Task to carry out: Copy out exactly the lines below that run from the one holding "reads these bytes." to the one holding "the tree holds.", keeping both of those lines and no others.

[Records excerpted from a collection]
■ ■ ■ ■ ■

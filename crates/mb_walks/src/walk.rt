ghost use Rattle.std.specs.Prelude.{◌≤◌, length};
ghost use Rattle.mb_kinds.specs.Texts.{IsPath};

use mb_kinds::{Call, Cred, Octets, Path, Reply, Seq};
use mb_tree::{Body, Machine, Map, Node, PlainSlot, Seat, Tree};
use std::alloc::{AllocError, Global};
use std::process::Abort;
use std::test::Fail;

/// A machine on its way through calls, on a fresh volume of 100 blocks and 16 inodes, whose files can hold 96 blocks.
#[derive(Drop)]
pub struct Walk {
    pub heap: Global,
    pub machine: Machine,
    moment: u32,
}

pub const SUPER: Cred = Cred { uid: 0, gid: 0 };

const DOT: [u8; 14] = [46, 0, 0, 0, 0, 0, 0, 0, 0, 0, 0, 0, 0, 0];

const DOT_DOT: [u8; 14] = [46, 46, 0, 0, 0, 0, 0, 0, 0, 0, 0, 0, 0, 0];

/// A node with these kind and permission bits and this count of links, of uid 0 and moment 0.
pub fn node(mode: u16, nlink: u16, body: Body) -> Node {
    Node {
        mode,
        nlink,
        uid: 0,
        gid: 0,
        atime: 0,
        mtime: 0,
        ctime: 0,
        body,
    }
}

impl Walk {
    /// The walk begins with these callers.
    pub fn fresh(alloc: Global, callers: &[Cred]) -> Result<Walk, Fail> {
        let mut slots = Seq::new(alloc);
        slots.push(PlainSlot { ino: 2, name: DOT })?;
        slots.push(PlainSlot {
            ino: 2,
            name: DOT_DOT,
        })?;
        let mut nodes = Map::new(alloc);
        nodes.insert(2, node(0o040777, 2, Body::Directory { slots }))?;
        let mut seats = Seq::new(alloc);
        for cred in callers {
            seats.push(Seat::new(*cred, 2))?;
        }
        let tree = Tree {
            nodes,
            last: 16,
            cap: 96,
        };
        Ok(Walk {
            heap: alloc,
            machine: Machine { tree, seats },
            moment: 0,
        })
    }

    /// The reply of a caller's next call, `None` where memory is wanting or there is no such caller.
    pub fn reply(
        &mut self,
        caller: u8,
        call: Result<Call, AllocError>,
        pick: Option<u16>,
    ) -> Option<Reply> {
        let Ok(call) = call else {
            return None;
        };
        if usize::from(caller) >= self.machine.seats.len() {
            return None;
        }
        self.moment = self.moment.saturating_add(1);
        self.machine
            .step(self.heap, caller, &call, self.moment, pick)
            .ok()
    }

    /// A caller's next call is answered so.
    pub fn expect<R: Abort>(
        &mut self,
        rt: &R,
        caller: u8,
        call: Result<Call, AllocError>,
        pick: Option<u16>,
        want: Reply,
    ) {
        let reply = self.reply(caller, call, pick);
        assert_eq!(rt; reply, Some(want), "at call {}", self.moment);
    }

    /// The path leads to the inode with this number.
    pub fn expect_ino<R: Abort>(&mut self, rt: &R, text: &[u8], want: u16)
        requires { IsPath text.now }
    {
        let call = match path(self.heap, text) {
            Ok(path) => Ok(Call::Stat { path }),
            Err(error) => Err(error),
        };
        match self.reply(0, call, None) {
            Some(Reply::Info(stat)) => assert_eq!(rt; stat.ino, want, "at call {}", self.moment),
            _ => assert!(rt; false, "no inode at call {}", self.moment),
        }
    }

    /// The first caller's next call reads these bytes.
    pub fn expect_bytes<R: Abort>(&mut self, rt: &R, fd: u16, count: u16, want: &[u8]) {
        match self.reply(0, Ok(Call::Read { fd, count }), None) {
            Some(Reply::Got(bytes)) => assert_eq!(rt;
                bytes.as_slice(),
                want,
                "at call {}",
                self.moment
            ),
            _ => assert!(rt; false, "no bytes at call {}", self.moment),
        }
    }

    /// How many blocks the tree holds.
    pub fn held(&self) -> Result<u128, AllocError> {
        let mut held: u128 = 0;
        for ino in 0..17 {
            if let Some(node) = self.machine.tree.nodes.get(ino) {
                held = held.saturating_add(node.body.cost(self.heap)?);
            }
        }
        Ok(held)
    }
}

pub fn path(alloc: Global, text: &[u8]) -> Result<Path, AllocError>
    requires { IsPath text.now }
{
    Ok(Path::from_vec(text.to_vec(alloc)?))
}

pub fn creat(alloc: Global, text: &[u8], mode: u16) -> Result<Call, AllocError>
    requires { IsPath text.now }
{
    Ok(Call::Creat {
        path: path(alloc, text)?,
        mode,
    })
}

pub fn write(alloc: Global, fd: u16, text: &[u8]) -> Result<Call, AllocError>
    requires { length text.now ≤ 65535 }
{
    Ok(Call::Write {
        fd,
        bytes: Octets::from_vec(text.to_vec(alloc)?),
    })
}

■ ■ ■ ■ ■

Task answer:
    /// The first caller's next call reads these bytes.
    pub fn expect_bytes<R: Abort>(&mut self, rt: &R, fd: u16, count: u16, want: &[u8]) {
        match self.reply(0, Ok(Call::Read { fd, count }), None) {
            Some(Reply::Got(bytes)) => assert_eq!(rt;
                bytes.as_slice(),
                want,
                "at call {}",
                self.moment
            ),
            _ => assert!(rt; false, "no bytes at call {}", self.moment),
        }
    }

    /// How many blocks the tree holds.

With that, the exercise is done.